И вот сейчас, смотря на него, София в очередной раз печально констатировала факт, что она навсегда будет в его глазах просто бесстыдной белой женщиной. Правда, она надеялась, что нынешнее ее благоразумное поведение хотя бы немного реабилитирует ее в глазах парня, но на это можно было, пожалуй, не рассчитывать: Хота относился к ней все это время довольно холодно и попыток сблизиться не предпринимал.

София вдруг подумала о полной бессмысленности своей жизни. Ей так хотелось настоящей свободы! Жаль, что она не родилась мужчиной! Тогда она могла бы совершенно беспрепятственно путешествовать по дикой прерии и покорять новые земли, наблюдать за уникальной жизнью диких животных и общаться с теми, с кем ей хотелось, например… с индейцами!

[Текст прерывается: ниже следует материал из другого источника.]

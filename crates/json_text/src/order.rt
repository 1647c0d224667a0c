//! Texts are equal, in order and hashed as their bytes are, and values are equal as theirs are.

ghost use Rattle.std.specs.Prelude.{◌≡◌, Some, nat_eq, bytes_eq};
ghost use Rattle.std.specs.Ordering.{nat_cmp};
ghost use Rattle.std.specs.Cmp.{partial_equiv_from_equiv};
ghost use Rattle.std.specs.Cmp.Lexicographic.{slice_cmp, nat_list_eq_equiv, nat_list_cmp_total, texts_ties, texts_po};
ghost use Rattle.std.specs.Hash as fed;
ghost use Rattle.std.proofs.Common.{refl, ap};
ghost use Rattle.std.proofs.lemmas.Slice.Eq.{bytes_eq-Decides};

use crate::text::{Raw, Text};
use board_base::bytes_order;
use std::cmp::Ordering;
use std::hash::{Hash, Hasher};

impl PartialEq for Text {
    ghost eq = { bytes_eq };

    ghost laws = { partial_equiv_from_equiv nat_list_eq_equiv };

    fn eq(&self, other: &Text) -> bool {
        self.as_bytes() == other.as_bytes()
    }
}

impl Eq for Text {
    ghost laws = { nat_list_eq_equiv };
}

impl PartialOrd for Text {
    ghost partial_cmp = { λ a b. Some (slice_cmp nat_cmp a b) };

    ghost laws = { texts_po };

    fn partial_cmp(&self, other: &Text) -> Option<Ordering> {
        Some(self.cmp(other))
    }
}

impl Ord for Text {
    ghost cmp = { slice_cmp nat_cmp };

    ghost total = { nat_list_cmp_total };

    ghost matches_partial_cmp = { λ a b. refl };

    ghost matches_eq = { texts_ties };

    fn cmp(&self, other: &Text) -> Ordering {
        bytes_order(self.as_bytes(), other.as_bytes())
    }
}

impl Hash for Text {
    ghost hash_input = { λ text. fed.slice fed.u8 text };

    ghost respects_eq = { λ a b same. ap (λ text. fed.slice fed.u8 text)
        ((bytes_eq-Decides a b).0 same) };

    fn hash<H: Hasher>(&self, state: &mut H) {
        self.as_bytes().hash(state);
    }
}

impl PartialEq for Raw {
    ghost eq = { bytes_eq };

    ghost laws = { partial_equiv_from_equiv nat_list_eq_equiv };

    fn eq(&self, other: &Raw) -> bool {
        self.as_bytes() == other.as_bytes()
    }
}

impl Eq for Raw {
    ghost laws = { nat_list_eq_equiv };
}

Девушка покосилось на спящего Хоту. Если бы она была мужчиной, они бы с Хотой могли стать братьями и даже вместе жить на просторах бескрайней прерии. Но… она — просто никчемная женщина, к тому же, распутница в глазах этого дикого парня, поэтому ей не светит ровным счетом ничего! Софии стало так жаль себя, что ее подбородок дрогнул, и предательские слезы начали собираться в уголках глаз. Ей пришлось до острой боли впиться ногтями себе в ладони, чтобы позорно не разреветься.

Все, что ей остается — сидеть взаперти и ждать, пока ее не выдадут замуж за кого-нибудь «маменькиного сынка» или «дедугана» — в зависимости от того, кто окажется более выгодной партией в глазах старших родственников. Из груди ее вырвался один единственный всхлип, но она тут же испуганно закрыла рот рукой и замерла. Хота не шевелился, и даже дыхание его не участилось, поэтому София смогла немного расслабиться.

— Ты счастливчик, — почти беззвучно прошептала она, — и я желаю тебе всего хорошего. Прости, что вела себя неприлично. Я просто не совсем понимала, кто ты…

София запнулась, и новая порция слез попыталась взять штурмом ее глаза.

— У меня нет будущего! Все вокруг презирают меня. Даже ты презираешь меня…

Слезы все-таки прорвались и затуманили ей зрение, и София умолкла. Резко навалилась жуткая, даже болезненная слабость. Девушке нестерпимо захотелось прилечь, и она бездумно опустилась на колени перед кроватью, уронила руки на край постели и положила на них голову. Ее одолела настолько жуткая усталость (хотя разум еще пытался взывать к благоразумию, требуя тотчас же подняться обратно на стул), что уже через минуту она погрузилась в беспокойный сон.